New Delhi, Jun 5 (PTI) On World Environment Day, leading corporate houses announced their commitments to a greener earth and a regenerative business model to minimise waste.
On Thursday, many companies committed to moving towards plastic neutrality by reducing the usage in their packaging with sustainable innovations, increasing collection and scientific disposal of plastic waste and consumer engagement to increase renewable energy capacity.
Companies, such as ITC, reaffirmed commitments to initiatives to manage, recycle and replace plastic packaging waste, with a three-pronged framework of 'No plastic, Better Plastic and Less Plastic'.

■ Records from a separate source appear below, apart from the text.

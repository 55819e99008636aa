// The orders of a flow that stands, as values. Children are read one after the other: the structure says which row each is.
#![tactic(auto)]

ghost use Rattle.std.specs.Prelude.{◌≡◌, ℕ, ◌+◌, ◌≤◌, ◌<◌, length, drop, true};
ghost use Rattle.markup.specs.Noted.{Noted};
ghost use Rattle.tokens.specs.Tokens.{white_at};
ghost use Rattle.schema.specs.declared.Holds.TheVariants.{Rows};
ghost use Rattle.order.specs.Ordinativo.{no_name, no_line};
ghost use Rattle.schema.specs.Table.{table};
ghost use Rattle.rows.specs.Kept.{kept_from, next_of};
ghost use Rattle.structure.specs.Structure.{ranges};
ghost use Rattle.orders.specs.Shape.{order_rows, line_rows, named_rows, is_replacing, line_rows_of, Shaped, Filled};
ghost use Rattle.orders.specs.Said.{number_said, number_of, day_said, date_read, operation_said, said_operation};
ghost use Rattle.orders.specs.Orders.{those, named_by, named_of, named_in, line_by, line_of, lines_in, kind_of, order_by, order_of, holds_order, is_order, orders_in};

use calendar::Date;
use children::Child;
use codes::Operation;
use fields::{Form, Value};
use order::{Line, Lines, NamedLine, Order};
use rows::{FieldRead, Kept};
use schema::{Holds, Parent};

// The number, the date or the operation that a field says. (The defaults are never used: the field stands.)
fn number_said(v: Value) -> u64
    ensures { result ≡ number_said v }
{
    match v {
        Value::Number(n) => n,
        _ => 0,
    }
}

pub fn number_of(r: FieldRead) -> u64
    ensures { result ≡ number_of r }
{
    match r {
        Ok((v, _)) => number_said(v),
        Err(_) => 0,
    }
}

fn day_said(v: Value) -> Date
    ensures { result ≡ day_said v }
{
    match v {
        Value::Day(d) => d,
        _ => Date {
            year: 0,
            month: 0,
            day: 0,
        },
    }
}

fn day_of(r: FieldRead) -> Date
    ensures { result ≡ date_read r }
{
    match r {
        Ok((v, _)) => day_said(v),
        Err(_) => Date {
            year: 0,
            month: 0,
            day: 0,
        },
    }
}

fn operation_said(v: Value) -> Operation
    ensures { result ≡ operation_said v }
{
    match v {
        Value::Operation(o) | Value::Accepted(o) | Value::Refused(o) => o,
        _ => Operation::Sostituzione,
    }
}

fn operation_of(r: FieldRead) -> Operation
    ensures { result ≡ said_operation r }
{
    match r {
        Ok((v, _)) => operation_said(v),
        Err(_) => Operation::Sostituzione,
    }
}

// The first named child from a place on, where the structure says that there is one.
pub fn first_named(s: &[u8], from: usize, parent: Parent, past: &[u32]) -> Kept
    requires { (from ≤ length s.now) × Noted s.now past.now × (next_of (kept_from parent s.now from) ≡ None → ⊥) }
    ensures { next_of (kept_from parent s.now from) ≡ Some result }
{
    rows::next_named(s, from, parent, past).unwrap_or(Kept {
        child: Child {
            lt: 0,
            gt: 0,
            to: 0,
            after: 0,
        },
        row: 0,
        holds: Holds::Rows(parent),
    })
}

// The line that is named, whose fields begin at a place.
fn named_from(s: &[u8], from: usize, parent: Parent, past: &[u32]) -> NamedLine
    requires { Filled named_rows 0 parent s.now 0 from × Noted s.now past.now }
    ensures { result ≡ named_by s.now (kept_from parent s.now from) }
{
    let a = first_named(s, from, parent, past).child;
    let number = number_of(rows::read_field(s, a, Form::Numero));
    let b = first_named(s, a.after, parent, past).child;
    let line = number_of(rows::read_field(s, b, Form::Progressivo));
    let c = first_named(s, b.after, parent, past).child;
    let esercizio = number_of(rows::read_field(s, c, Form::Esercizio));
    NamedLine {
        number,
        line,
        esercizio,
    }
}

// No line is named.
fn none_named() -> NamedLine
    ensures { result ≡ no_name }
{
    NamedLine {
        number: 0,
        line: 0,
        esercizio: 0,
    }
}

// The line that a sostituzione structure names. (None holds text only: the structure says so.)
fn named_of(s: &[u8], k: Kept, past: &[u32]) -> NamedLine
    requires { Shaped named_rows 1 s.now k × Noted s.now past.now }
    ensures { result ≡ named_of s.now k }
{
    match k.holds {
        Holds::Text(_) => none_named(),
        Holds::Rows(p) => named_from(s, scan::white_end(s, k.child.gt + 1), p, past),
    }
}

// Whether a line is one of an order that replaces others.
fn is_replacing(parent: Parent) -> bool
    ensures { result ≡ is_replacing parent }
{
    match parent {
        Parent::InformazioniBeneficiario(r) | Parent::InformazioniVersante(r) => r,
        _ => false,
    }
}

// The line that is named by one whose party begins at a place: the structure stands after it.
fn named_after(s: &[u8], from: usize, parent: Parent, past: &[u32]) -> NamedLine
    requires { (ranges (table parent) ≡ line_rows true) × Filled (drop 2 (line_rows true)) 1 parent s.now 2 from × Noted s.now past.now
        × (is_replacing parent ≡ true) }
    ensures { result ≡ named_in s.now (kept_from parent s.now from) }
{
    let a = first_named(s, from, parent, past).child;
    let k = first_named(s, a.after, parent, past);
    named_of(s, k, past)
}

// The line whose named children begin at a place.
fn line_from(s: &[u8], from: usize, parent: Parent, past: &[u32]) -> Line
    requires { (ranges (table parent) ≡ line_rows (is_replacing parent)) × Filled (line_rows (is_replacing parent)) 1 parent s.now 0 from
        × Noted s.now past.now }
    ensures { result ≡ line_by s.now (kept_from parent s.now from) }
{
    let a = first_named(s, from, parent, past).child;
    let progressivo = number_of(rows::read_field(s, a, Form::Progressivo));
    let b = first_named(s, a.after, parent, past).child;
    let amount = number_of(rows::read_field(s, b, Form::Importo));
    let named = if is_replacing(parent) {
        named_after(s, b.after, parent, past)
    } else {
        none_named()
    };
    Line {
        progressivo,
        amount,
        named,
    }
}

// What stands where there is no line.
fn no_line() -> Line
    ensures { result ≡ no_line }
{
    Line {
        progressivo: 0,
        amount: 0,
        named: none_named(),
    }
}

// A line. (None holds text only: the structure says so.)
fn line_of(s: &[u8], k: Kept, past: &[u32]) -> Line
    requires { Shaped (line_rows_of k.holds) 2 s.now k × Noted s.now past.now }
    ensures { result ≡ line_of s.now k }
{
    match k.holds {
        Holds::Text(_) => no_line(),
        Holds::Rows(p) => line_from(s, scan::white_end(s, k.child.gt + 1), p, past),
    }
}

// The lines from a place on, which is past the order's four fields.
fn lines_from(s: &[u8], from: usize, parent: Parent, past: &[u32]) -> Lines
    requires { (ranges (table parent) ≡ order_rows) × Filled (drop 4 order_rows) 2 parent s.now 4 from × Noted s.now past.now }
    ensures { (result ≡ lines_in s.now (kept_from parent s.now from)) × (result.count ≤ 8) }
{
    let mut each: [Line; 8] = [no_line(); 8];
    let mut i = from;
    for count in 0..8 {
        let Some(k) = rows::next_named(s, i, parent, past) else {
            return Lines { count, each };
        };
        each[count] = line_of(s, k, past);
        i = k.child.after;
    }
    Lines { count: 8, each }
}

fn kind_of(parent: Parent) -> u8
    ensures { result ≡ kind_of (Rows parent) }
{
    match parent {
        Parent::Mandato(_) => 1,
        Parent::Reversale(_) => 2,
        _ => 0,
    }
}

// The order whose named children begin at a place: its four fields, then its lines.
fn order_from(s: &[u8], from: usize, parent: Parent, past: &[u32]) -> Order
    requires { (ranges (table parent) ≡ order_rows) × Filled order_rows 2 parent s.now 0 from × Noted s.now past.now }
    ensures { (result ≡ order_by (kind_of (Rows parent)) s.now (kept_from parent s.now from)) × (result.lines.count ≤ 8) }
{
    let a = first_named(s, from, parent, past).child;
    let operation = operation_of(rows::read_field(s, a, Form::TipoOperazione));
    let b = first_named(s, a.after, parent, past).child;
    let number = number_of(rows::read_field(s, b, Form::Numero));
    let c = first_named(s, b.after, parent, past).child;
    let date = day_of(rows::read_field(s, c, Form::Data));
    let d = first_named(s, c.after, parent, past).child;
    let total = number_of(rows::read_field(s, d, Form::Importo));
    let lines = lines_from(s, d.after, parent, past);
    Order {
        kind: kind_of(parent),
        operation,
        number,
        date,
        total,
        lines,
    }
}

// The order that a named child of the root is. (None holds text only: the structure says so.)
pub fn order_of(s: &[u8], k: Kept, past: &[u32]) -> Order
    requires { Shaped order_rows 3 s.now k × Noted s.now past.now }
    ensures { (result ≡ order_of s.now k) × (result.lines.count ≤ 8) }
{
    match k.holds {
        Holds::Text(_) => order_from(s, 0, Parent::Mandato(false), past),
        Holds::Rows(p) => {
            let at = k.child.gt + 1;
            let q = rows::rows_for(s, at, p, past);
            order_from(s, scan::white_end(s, at), q, past)
        }
    }
}

// Whether what a named child holds is an order.
fn holds_order(h: Holds) -> bool
    ensures { result ≡ holds_order h }
{
    match h {
        Holds::Text(_) => false,
        Holds::Rows(p) => 1 <= kind_of(p),
    }
}

// The first order among a root's named children from a place on.
pub fn next_order(s: &[u8], from: usize, root: Parent, past: &[u32]) -> Option<Kept>
    requires { (from ≤ length s.now) × Noted s.now past.now }
    ensures { result ≡ next_of (those is_order (kept_from root s.now from)) }
{
    let mut i = from;
    while let Some(k) = rows::next_named(s, i, root, past) {
        if holds_order(k.holds) {
            return Some(k);
        }
        i = k.child.after;
    }
    None
}

// How many orders there are among a root's named children from a place on.
pub fn count_orders(s: &[u8], from: usize, root: Parent, past: &[u32]) -> usize
    requires { (from ≤ length s.now) × Noted s.now past.now }
    ensures { result ≡ length (orders_in s.now (kept_from root s.now from)) }
{
    let mut i = from;
    let mut n: usize = 0;
    while let Some(k) = next_order(s, i, root, past) {
        n += 1;
        i = k.child.after;
    }
    n
}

It focuses on community-based waste management programmes and investments in sustainable packaging innovations.
This innovative approach not only encourages ITC to continuously improve recyclability and optimise packaging across its own FMCG brands but enables it to offer a bouquet of sustainable packaging solutions for a range of consumer industries, replacing plastic with biodegradable materials designed for recycling.
ITC, which has achieved plastic neutrality status for 4 years in a row, "aspires to make 100 per cent of its packaging recyclable, reusable, compostable, or biodegradable by 2028, as a part of its bold Sustainability 2.0 Vision".
Godrej Enterprises Group, which has operations in various sectors, including aviation, defence, energy, locks & security solutions, tooling, healthcare equipment, consumer durables, engines and motors, aims to recycle 25,000 MT of plastic by 2032.
Its recycling programme is also being scaled to cover both pre and post-consumer plastic waste generated within and beyond the fence.
"Looking ahead, GEG plans to systematically phase out the use of thermocol by 2023 and introduce recycled content up to 30 per cent in its plastic product packaging," it said.
Leading French Sporting goods retailer Decathlon announced the launch of its circular business model in India, furthering its global commitment to sustainability, waste reduction and a regenerative business.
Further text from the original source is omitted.